Caused by: com.gemstone.gemfire.pdx.PdxSerializationException: Could not create an instance of a class io.pivotal.support.model.CustomKey
at com.gemstone.gemfire.pdx.internal.PdxType.getPdxClass(PdxType.java:227)
at com.gemstone.gemfire.pdx.internal.PdxReaderImpl.basicGetObject(PdxReaderImpl.java:676)
at com.gemstone.gemfire.pdx.internal.PdxReaderImpl.getObject(PdxReaderImpl.java:672)
at com.gemstone.gemfire.internal.InternalDataSerializer.readPdxSerializable(InternalDataSerializer.java:3186)
at com.gemstone.gemfire.internal.InternalDataSerializer.basicReadObject(InternalDataSerializer.java:2984)
at com.gemstone.gemfire.DataSerializer.readObject(DataSerializer.java:3212)
at com.gemstone.gemfire.internal.util.BlobHelper.deserializeBlob(BlobHelper.java:101)
at com.gemstone.gemfire.internal.cache.EntryEventImpl.deserialize(EntryEventImpl.java:1554)
at com.gemstone.gemfire.internal.cache.Oplog.deserializeKey(Oplog.java:7774)
at com.gemstone.gemfire.internal.cache.Oplog.readKrf(Oplog.java:1810)
at com.gemstone.gemfire.internal.cache.Oplog.recoverCrf(Oplog.java:2267)
at com.gemstone.gemfire.internal.cache.PersistentOplogSet.recoverOplogs(PersistentOplogSet.java:459)
at com.gemstone.gemfire.internal.cache.PersistentOplogSet.recoverRegionsThatAreReady(PersistentOplogSet.java:367)
at com.gemstone.gemfire.internal.cache.DiskStoreImpl.recoverRegionsThatAreReady(DiskStoreImpl.java:2065)
at com.gemstone.gemfire.internal.cache.DiskStoreImpl.initializeIfNeeded(DiskStoreImpl.java:2052)
at com.gemstone.gemfire.internal.cache.DiskStoreImpl.doInitialRecovery(DiskStoreImpl.java:2057)
at com.gemstone.gemfire.internal.cache.DiskStoreFactoryImpl.create(DiskStoreFactoryImpl.java:135)
at com.gemstone.gemfire.internal.cache.GemFireCacheImpl.getOrCreateDefaultDiskStore(GemFireCacheImpl.java:2317)
at com.gemstone.gemfire.internal.cache.LocalRegion.findDiskStore(LocalRegion.java:7991)
at com.gemstone.gemfire.internal.cache.LocalRegion.<init>(LocalRegion.java:620)
at com.gemstone.gemfire.internal.cache.DistributedRegion.<init>(DistributedRegion.java:193)
at com.gemstone.gemfire.internal.cache.GemFireCacheImpl.createVMRegion(GemFireCacheImpl.java:2963)
at com.gemstone.gemfire.internal.cache.GemFireCacheImpl.basicCreateRegion(GemFireCacheImpl.java:2891)
at com.gemstone.gemfire.internal.cache.GemFireCacheImpl.createRegion(GemFireCacheImpl.java:2880)
at com.gemstone.gemfire.cache.RegionFactory.create(RegionFactory.java:841)
... 103 more
Caused by: java.lang.ClassNotFoundException: io.pivotal.support.model.CustomKey
at com.gemstone.gemfire.internal.ClassPathLoader.forName(ClassPathLoader.java:422)
at com.gemstone.gemfire.internal.InternalDataSerializer.getCachedClass(InternalDataSerializer.java:4058)
at com.gemstone.gemfire.pdx.internal.PdxType.getPdxClass(PdxType.java:225)

RCA

What happens when you simply remove the region declaration from the `cache.xml` is that the disk storage is still recovered and the keys from this region are still recovered to an internal, temporary map; meaning that the custom key class needs to be on the member's classpath even if the region is not used anymore. You either need to keep the class on the classpath of the server or destroy the region.

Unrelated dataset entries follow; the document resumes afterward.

// No call follows a link below the folder of its device, and none changes what is no file.
use crate::HostBay;
use bay_core::{Bay, Failed};
use std::fs::Files;
use std::os::unix::fs::symlink;
use std::test::Fail;
use std::{fs, io};

// A folder of a test with a folder `dev` in it, and beside that a folder `out` of someone else with
// the file `x`.
fn make_folders(rt: &impl Files, dev: &str, out: &str, x: &str) -> io::Result<()> {
    fs::create_dir_all(rt, dev)?;
    fs::create_dir_all(rt, out)?;
    fs::write(rt, x, b"theirs".as_slice())
}

#[test]
fn reads_and_lists_no_link_of_a_drive(rt: HostRuntime) -> Result<(), Fail> {
    let _ = fs::remove_dir_all(&rt, "link_test_read");
    make_folders(
        &rt,
        "link_test_read/dev/real",
        "link_test_read/out",
        "link_test_read/out/x",
    )?;
    fs::write(&rt, "link_test_read/dev/real/own", b"ours".as_slice())?;
    symlink(&rt, "../out", "link_test_read/dev/DCIM")?;
    symlink(&rt, "../out", "link_test_read/dev/.mhlstation")?;
    symlink(&rt, "../out/x", "link_test_read/dev/file")?;
    symlink(&rt, "own", "link_test_read/dev/real/near")?;
    let mut bay = HostBay::new(rt.clone()?, rt.alloc());
    let d = bay.attach_drive("link_test_read/dev")?;
    let files = bay.drive_list(rt.alloc(), d)?;
    assert_eq!(rt; files.len(), 1);
    assert!(rt; files.iter().any(|f| f.path.as_str() == "real/own"));
    let mut got = [0; 4];
    assert_eq!(rt; bay.drive_read(d, "DCIM/x", 0, &mut got), Err(Failed));
    assert_eq!(rt; bay.drive_read(d, "DCIM/absent", 0, &mut got), Err(Failed));
    assert_eq!(rt;
        bay.drive_read(d, ".mhlstation/x", 0, &mut got),
        Err(Failed)
    );
    assert_eq!(rt; bay.drive_read(d, "file", 0, &mut got), Err(Failed));
    assert_eq!(rt; bay.drive_read(d, "real/near", 0, &mut got), Err(Failed));
    assert_eq!(rt; bay.drive_read(d, "real", 0, &mut got), Err(Failed));
    assert_eq!(rt; bay.drive_read(d, "real/own/x", 0, &mut got), Err(Failed));
    assert_eq!(rt;
        bay.drive_read(d, "real/../real/own", 0, &mut got),
        Err(Failed)
    );
    assert_eq!(rt; bay.drive_read(d, "../out/x", 0, &mut got), Err(Failed));
    assert_eq!(rt; got, [0; 4]);
    assert_eq!(rt; bay.drive_read(d, "absent/x", 0, &mut got), Ok(None));
    assert_eq!(rt; bay.drive_read(d, "real/own", 0, &mut got), Ok(Some(4)));
    fs::remove_dir_all(&rt, "link_test_read")?;
    Ok(())
}

#[test]
fn reads_and_lists_no_link_of_a_card(rt: HostRuntime) -> Result<(), Fail> {
    let _ = fs::remove_dir_all(&rt, "link_test_card");
    make_folders(
        &rt,
        "link_test_card/dev/real",
        "link_test_card/out",
        "link_test_card/out/x",
    )?;
    fs::write(&rt, "link_test_card/dev/real/own", b"ours".as_slice())?;
    symlink(&rt, "../out", "link_test_card/dev/DCIM")?;
    symlink(&rt, "../out", "link_test_card/dev/.mhlstation")?;
    symlink(&rt, "../out/x", "link_test_card/dev/file")?;
    let mut bay = HostBay::new(rt.clone()?, rt.alloc());
    let s = bay.attach_source("link_test_card/dev")?;
    let files = bay.source_list(rt.alloc(), s)?;
    assert_eq!(rt; files.len(), 1);
    assert!(rt; files.iter().any(|f| f.path.as_str() == "real/own"));
    let mut got = [0; 4];
    assert_eq!(rt; bay.source_read(s, "DCIM/x", 0, &mut got), Err(Failed));
    assert_eq!(rt;
        bay.source_read(s, ".mhlstation/x", 0, &mut got),
        Err(Failed)
    );
    assert_eq!(rt; bay.source_read(s, "file", 0, &mut got), Err(Failed));
    assert_eq!(rt; bay.source_read(s, "../out/x", 0, &mut got), Err(Failed));
    assert_eq!(rt; got, [0; 4]);
    assert_eq!(rt; bay.source_read(s, "real/own", 0, &mut got), Ok(4));
    fs::remove_dir_all(&rt, "link_test_card")?;
    Ok(())
}

#[test]
fn writes_through_no_link(rt: HostRuntime) -> Result<(), Fail> {
    let _ = fs::remove_dir_all(&rt, "link_test_write");
    make_folders(
        &rt,
        "link_test_write/dev",
        "link_test_write/out",
        "link_test_write/out/x",
    )?;
    symlink(&rt, "../out", "link_test_write/dev/DCIM")?;
    symlink(&rt, "../out", "link_test_write/dev/.mhlstation")?;
    symlink(&rt, "../out/x", "link_test_write/dev/file")?;
    symlink(&rt, "../out/y", "link_test_write/dev/hollow")?;
    let mut bay = HostBay::new(rt.clone()?, rt.alloc());
    let d = bay.attach_drive("link_test_write/dev")?;
    assert_eq!(rt; bay.write(d, "DCIM/x", 0, b"ours"), Err(Failed));
    assert_eq!(rt; bay.write(d, "DCIM/y", 0, b"ours"), Err(Failed));
    assert_eq!(rt; bay.write(d, "DCIM/a/y", 0, b"ours"), Err(Failed));
    assert_eq!(rt; bay.write(d, ".mhlstation/new", 0, b"ours"), Err(Failed));
    assert_eq!(rt; bay.write(d, "file", 0, b"ours"), Err(Failed));
    assert_eq!(rt; bay.write(d, "hollow", 0, b"ours"), Err(Failed));
    assert_eq!(rt; bay.write(d, "absent/../../out/y", 0, b"ours"), Err(Failed));
    assert_eq!(rt; bay.sync(d), Ok(()));
    assert_eq!(rt; fs::read_dir(&rt, "link_test_write/dev")?.count(), 4);
    assert_eq!(rt; fs::read_dir(&rt, "link_test_write/out")?.count(), 1);
    assert_eq!(rt;
        fs::read(&rt, "link_test_write/out/x")?.as_slice(),
        b"theirs".as_slice()
    );
    fs::remove_dir_all(&rt, "link_test_write")?;
    Ok(())
}

#[test]
fn renames_and_removes_through_no_link(rt: HostRuntime) -> Result<(), Fail> {
    let _ = fs::remove_dir_all(&rt, "link_test_rename");
    make_folders(
        &rt,
        "link_test_rename/dev/real",
        "link_test_rename/out",
        "link_test_rename/out/x",
    )?;
    fs::write(&rt, "link_test_rename/dev/own", b"ours".as_slice())?;
    symlink(&rt, "../out", "link_test_rename/dev/DCIM")?;
    symlink(&rt, "../out", "link_test_rename/dev/.mhlstation")?;
    symlink(&rt, "../out/x", "link_test_rename/dev/file")?;
    let mut bay = HostBay::new(rt.clone()?, rt.alloc());
    let d = bay.attach_drive("link_test_rename/dev")?;
    assert_eq!(rt; bay.rename(d, "own", "DCIM/x"), Err(Failed));
    assert_eq!(rt; bay.rename(d, "own", "DCIM/a/y"), Err(Failed));
    assert_eq!(rt; bay.rename(d, "own", ".mhlstation/journal"), Err(Failed));
    assert_eq!(rt; bay.rename(d, "own", "file"), Err(Failed));
    assert_eq!(rt; bay.rename(d, "own", "real"), Err(Failed));
    assert_eq!(rt; bay.rename(d, "own", "../out/x"), Err(Failed));
    assert_eq!(rt; bay.rename(d, "DCIM/x", "y"), Err(Failed));
    assert_eq!(rt; bay.rename(d, ".mhlstation/x", "y"), Err(Failed));
    assert_eq!(rt; bay.rename(d, "file", "y"), Err(Failed));
    assert_eq!(rt; bay.rename(d, "real", "y"), Err(Failed));
    assert_eq!(rt; bay.remove(d, "DCIM/x"), Err(Failed));
    assert_eq!(rt; bay.remove(d, ".mhlstation/x"), Err(Failed));
    assert_eq!(rt; bay.remove(d, "file"), Err(Failed));
    assert_eq!(rt; bay.remove(d, "real"), Err(Failed));
    assert_eq!(rt; bay.remove(d, "own/x"), Err(Failed));
    assert_eq!(rt; bay.remove(d, "../out/x"), Err(Failed));
    assert_eq!(rt; bay.remove(d, "absent/x"), Ok(()));
    assert_eq!(rt; bay.sync(d), Ok(()));
    assert_eq!(rt; fs::read_dir(&rt, "link_test_rename/dev")?.count(), 5);
    assert_eq!(rt; fs::read_dir(&rt, "link_test_rename/out")?.count(), 1);
    assert_eq!(rt;
        fs::read(&rt, "link_test_rename/out/x")?.as_slice(),
        b"theirs".as_slice()
    );
    fs::remove_dir_all(&rt, "link_test_rename")?;
    Ok(())
}

// The folder that is attached may be a link, and what is put in place of a folder or a file later
// is found where a file is opened again or made sure of.
#[test]
fn looks_again_where_it_opens_again(rt: HostRuntime) -> Result<(), Fail> {
    let _ = fs::remove_dir_all(&rt, "link_test_again");
    make_folders(
        &rt,
        "link_test_again/dev",
        "link_test_again/out",
        "link_test_again/out/x",
    )?;
    symlink(&rt, "dev", "link_test_again/root")?;
    let mut bay = HostBay::new(rt.clone()?, rt.alloc());
    let d = bay.attach_drive("link_test_again/root")?;
    assert_eq!(rt; bay.write(d, "a/x", 0, b"ours"), Ok(()));
    assert_eq!(rt; bay.rename(d, "a/x", "b/x"), Ok(()));
    assert_eq!(rt; bay.sync(d), Ok(()));
    let mut got = [0; 4];
    assert_eq!(rt; bay.drive_read(d, "b/x", 0, &mut got), Ok(Some(4)));
    fs::rename(&rt, "link_test_again/dev/b", "link_test_again/dev/c")?;
    symlink(&rt, "../out", "link_test_again/dev/b")?;
    assert_eq!(rt; bay.drive_read(d, "b/x", 0, &mut got), Ok(Some(4)));
    assert_eq!(rt; got, *b"ours");
    assert_eq!(rt; bay.write(d, "b/x", 0, b"more"), Err(Failed));
    assert_eq!(rt; bay.write(d, "c/x", 0, b"more"), Ok(()));
    fs::rename(&rt, "link_test_again/dev/c", "link_test_again/dev/e")?;
    symlink(&rt, "../out", "link_test_again/dev/c")?;
    assert_eq!(rt; bay.sync(d), Err(Failed));
    assert_eq!(rt;
        fs::read(&rt, "link_test_again/out/x")?.as_slice(),
        b"theirs".as_slice()
    );
    fs::remove_dir_all(&rt, "link_test_again")?;
    Ok(())
}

This map, as a side note, ends up never being used because the region won't be created at all, resulting in a waste of memory and resources. 

Resolution

To remove the region from the disk store, you have two options:

  1. While the member is online and the region is still alive, invoke`Region.destroyRegion().' This will get rid of all its data from the disk-store. If you are using cluster config, you can do this with the gfsh destroy region command, which will also remove it from the cluster config.
  2. While the member is offline and with the region already removed from the`cache.xml` file, you can delete the region from the disk store by executing the gfsh alter disk-store --remove command.